◆ **RECORDS SUPPLIED**:
========================================================================

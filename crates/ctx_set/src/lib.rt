//! Stacks of a thread: the functions that it is in, each with the call that led to it.
#![tactic(auto)]

mod steps;

pub use steps::{MAX_STEPS, StackStep, StepList};
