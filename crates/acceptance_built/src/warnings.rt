//! The warnings of a unit made by hand: `f` is marked and calls `slow`, which is not, then `quick`, which is marked, then
//! itself, and `slow` again.

ghost use Rattle.std.specs.Prelude.{◌≡◌, Some, length, IfOk};

use built_unit::{Body, FunctionInfo, FunctionList, Name, NumberList, SiteInfo, SiteList, Unit};
use eff_check::{ViolationKind, Warning, check};
use eff_types::{Effects, Level};
use std::alloc::{AllocError, Global};
use std::test::Fail;

const SLOW: u32 = 0;

const QUICK: u32 = 1;

const MARKED: u32 = 2;

fn declared(alloc: Global, name: &str, level: Level) -> Result<FunctionInfo, AllocError> {
    let name = Name::new(alloc, name)?;
    let effects = Effects {
        level,
        no_block_inference: false,
        no_alloc_inference: false,
    };
    Ok(FunctionInfo {
        name,
        effects,
        place: 0,
        body: None,
    })
}

fn functions(alloc: Global) -> Result<FunctionList, AllocError>
    ensures { IfOk result (λ functions. length functions ≡ 3) }
{
    let mut functions = FunctionList::new(alloc);
    functions.push(declared(alloc, "slow", Level::Plain)?)?;
    functions.push(declared(alloc, "quick", Level::NonBlocking)?)?;
    let mut marked = declared(alloc, "f", Level::NonBlocking)?;
    marked.body = Some(Body {
        calls: NumberList::new(alloc),
        returns: None,
    });
    functions.push(marked)?;
    Ok(functions)
}

fn call(place: u32, callee: u32) -> SiteInfo
    ensures { result ≡ record { function = MARKED; place = place; direct = Some callee } }
{
    SiteInfo {
        function: MARKED,
        place,
        direct: Some(callee),
    }
}

fn unit(alloc: Global) -> Result<Unit, AllocError> {
    let functions = functions(alloc)?;
    let mut sites = SiteList::new(alloc);
    sites.push(call(10, SLOW))?;
    sites.push(call(20, QUICK))?;
    sites.push(call(30, MARKED))?;
    sites.push(call(40, SLOW))?;
    Ok(Unit::new(functions, sites))
}

fn is_of_slow(warning: &Warning, place: u32) -> bool {
    let ViolationKind::Calls(callee) = warning.kind;
    callee == SLOW
        && warning.function == MARKED
        && warning.place == place
        && warning.level == Level::NonBlocking
}

#[test]
fn warns_of_the_unmarked_callee_alone(rt: HostRuntime) -> Result<(), Fail> {
    let unit = unit(rt.alloc())?;
    let verdicts = check(rt.alloc(), &unit)?;
    let warnings = verdicts.warnings();
    assert_eq!(rt; warnings.len(), 2);
    assert!(rt; is_of_slow(&warnings[0], 10) && is_of_slow(&warnings[1], 40));
    Ok(())
}
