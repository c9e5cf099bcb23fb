//! How many nodes an expression has, as far as 32 bits tell it.

ghost use Rattle.std.specs.Prelude.{◌≡◌, ℕ, ◌+◌};
ghost use Rattle.core_unit.specs.Layout.{told};
ghost use Rattle.core_unit.specs.Nodes as spec;
ghost use Rattle.core_unit.specs.Typing.{place_type};

use crate::expressions::{Expr, Place};
use crate::operators::{Sign, Update};
use eff_types::CType;

/// The sum, as far as 32 bits tell it.
#[tactic(auto, using(crate::proofs::Sums::told_sum))]
pub(crate) fn sum(a: u32, b: u32) -> u32
    ensures { (m n : ℕ) → a ≡ told m → b ≡ told n → result ≡ told (m + n) }
{
    a.saturating_add(b)
}

/// Those of a compound assignment to a place of this type.
fn conversions(kind: &CType, sign: Sign) -> u32
    ensures { result ≡ spec.conversions kind.now sign }
{
    match (kind, sign) {
        (CType::Char, Sign::Signed) => 2,
        (CType::Char, Sign::Unsigned) => 3,
        (CType::Int, Sign::Unsigned) => 2,
        _ => 0,
    }
}

#[tactic(auto, using(crate::proofs::Sums::none_of_an_aggregate))]
fn update_nodes(place: &Place, update: Update) -> u32
    ensures { result ≡ spec.update_nodes (place_type place.now) update }
{
    match update {
        Update::Arithmetic(_, sign) => match place.kept_type() {
            Some(kind) => conversions(kind, sign),
            None => 0,
        },
        Update::Forward(_) => 0,
        Update::Backward(_) => 0,
    }
}

#[cycle(counting)]
#[tactic(auto, using(crate::proofs::Equations::node_rules, crate::proofs::Sums::small))]
fn place_nodes(place: &Place) -> u32
    ensures { result ≡ told (spec.place_nodes place.now) }
{
    match place {
        Place::Variable(_, _, _) => 1,
        Place::Text(_, _) => 1,
        Place::Indirection(pointer, _) => sum(1, nodes(pointer.get())),
        Place::Arrow(pointer, _) => nodes(pointer.get()),
        Place::Element(left, right, _, _, _) => {
            sum(sum(1, nodes(left.get())), nodes(right.get()))
        }
        Place::Member(whole, _, _) => sum(1, place_nodes(whole.get())),
    }
}

/// The nodes of an expression, or 2^32 - 1 where there are more.
#[cycle(counting)]
#[tactic(auto, using(crate::proofs::Equations::node_rules, crate::proofs::Sums::small))]
pub fn nodes(expression: &Expr) -> u32
    ensures { result ≡ told (spec.nodes expression.now) }
{
    match expression {
        Expr::Number(_, _) => 1,
        Expr::Null => 1,
        Expr::Sizeof(_) => 1,
        Expr::Function(_, _) => 1,
        Expr::LibraryFunction(_) => 1,
        Expr::TargetFunction(e) => sum(1, nodes(e.get())),
        Expr::FunctionPointer(e) => sum(1, nodes(e.get())),
        Expr::ArrayPointer(place) => sum(1, place_nodes(place.get())),
        Expr::AddressOf(place) => sum(1, place_nodes(place.get())),
        Expr::Load(place) => place_nodes(place.get()),
        Expr::Assign(place, e) => sum(sum(1, place_nodes(place.get())), nodes(e.get())),
        Expr::Compound(place, update, e) => {
            let operator = sum(1, update_nodes(place.get(), *update));
            sum(sum(operator, place_nodes(place.get())), nodes(e.get()))
        }
        Expr::Step(place, _, _) => sum(1, place_nodes(place.get())),
        Expr::Unary(_, e) => sum(1, nodes(e.get())),
        Expr::Binary(_, a, b) => sum(sum(1, nodes(a.get())), nodes(b.get())),
        Expr::Logical(_, a, b) => sum(sum(1, nodes(a.get())), nodes(b.get())),
        Expr::Conditional(c, a, b) => {
            sum(sum(sum(1, nodes(c.get())), nodes(a.get())), nodes(b.get()))
        }
        Expr::Comma(a, b) => sum(sum(1, nodes(a.get())), nodes(b.get())),
        Expr::Call(_, _, callee, arguments) => {
            sum(sum(1, nodes(callee.get())), all_nodes(arguments.as_slice()))
        }
        Expr::Convert(_, _, e) => sum(1, nodes(e.get())),
        Expr::Discard(e) => sum(1, nodes(e.get())),
    }
}

#[cycle(counting)]
fn all_nodes(expressions: &[Expr]) -> u32
    ensures { result ≡ told (spec.arguments_nodes expressions.now) }
{
    let mut total = 0;
    'each: for expression in expressions {
        total = sum(total, nodes(expression));
    }
    total
}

========================================================================

◆ **INSTRUCTIONS TO FOLLOW**: Everything starting at the line containing "Ok(Unit::new(functions, sites))" and ending at the line containing "Update::Arithmetic(_, sign) =>" in the records above should be repeated exactly, and only that.

◆ **RESPONSE AREA**:
    Ok(Unit::new(functions, sites))
}

fn is_of_slow(warning: &Warning, place: u32) -> bool {
    let ViolationKind::Calls(callee) = warning.kind;
    callee == SLOW
        && warning.function == MARKED
        && warning.place == place
        && warning.level == Level::NonBlocking
}

#[test]
fn warns_of_the_unmarked_callee_alone(rt: HostRuntime) -> Result<(), Fail> {
    let unit = unit(rt.alloc())?;
    let verdicts = check(rt.alloc(), &unit)?;
    let warnings = verdicts.warnings();
    assert_eq!(rt; warnings.len(), 2);
    assert!(rt; is_of_slow(&warnings[0], 10) && is_of_slow(&warnings[1], 40));
    Ok(())
}
repository c9e5cf099bcb23fb
//! How many nodes an expression has, as far as 32 bits tell it.

ghost use Rattle.std.specs.Prelude.{◌≡◌, ℕ, ◌+◌};
ghost use Rattle.core_unit.specs.Layout.{told};
ghost use Rattle.core_unit.specs.Nodes as spec;
ghost use Rattle.core_unit.specs.Typing.{place_type};

use crate::expressions::{Expr, Place};
use crate::operators::{Sign, Update};
use eff_types::CType;

/// The sum, as far as 32 bits tell it.
#[tactic(auto, using(crate::proofs::Sums::told_sum))]
pub(crate) fn sum(a: u32, b: u32) -> u32
    ensures { (m n : ℕ) → a ≡ told m → b ≡ told n → result ≡ told (m + n) }
{
    a.saturating_add(b)
}

/// Those of a compound assignment to a place of this type.
fn conversions(kind: &CType, sign: Sign) -> u32
    ensures { result ≡ spec.conversions kind.now sign }
{
    match (kind, sign) {
        (CType::Char, Sign::Signed) => 2,
        (CType::Char, Sign::Unsigned) => 3,
        (CType::Int, Sign::Unsigned) => 2,
        _ => 0,
    }
}

#[tactic(auto, using(crate::proofs::Sums::none_of_an_aggregate))]
fn update_nodes(place: &Place, update: Update) -> u32
    ensures { result ≡ spec.update_nodes (place_type place.now) update }
{
    match update {
        Update::Arithmetic(_, sign) => match place.kept_type() {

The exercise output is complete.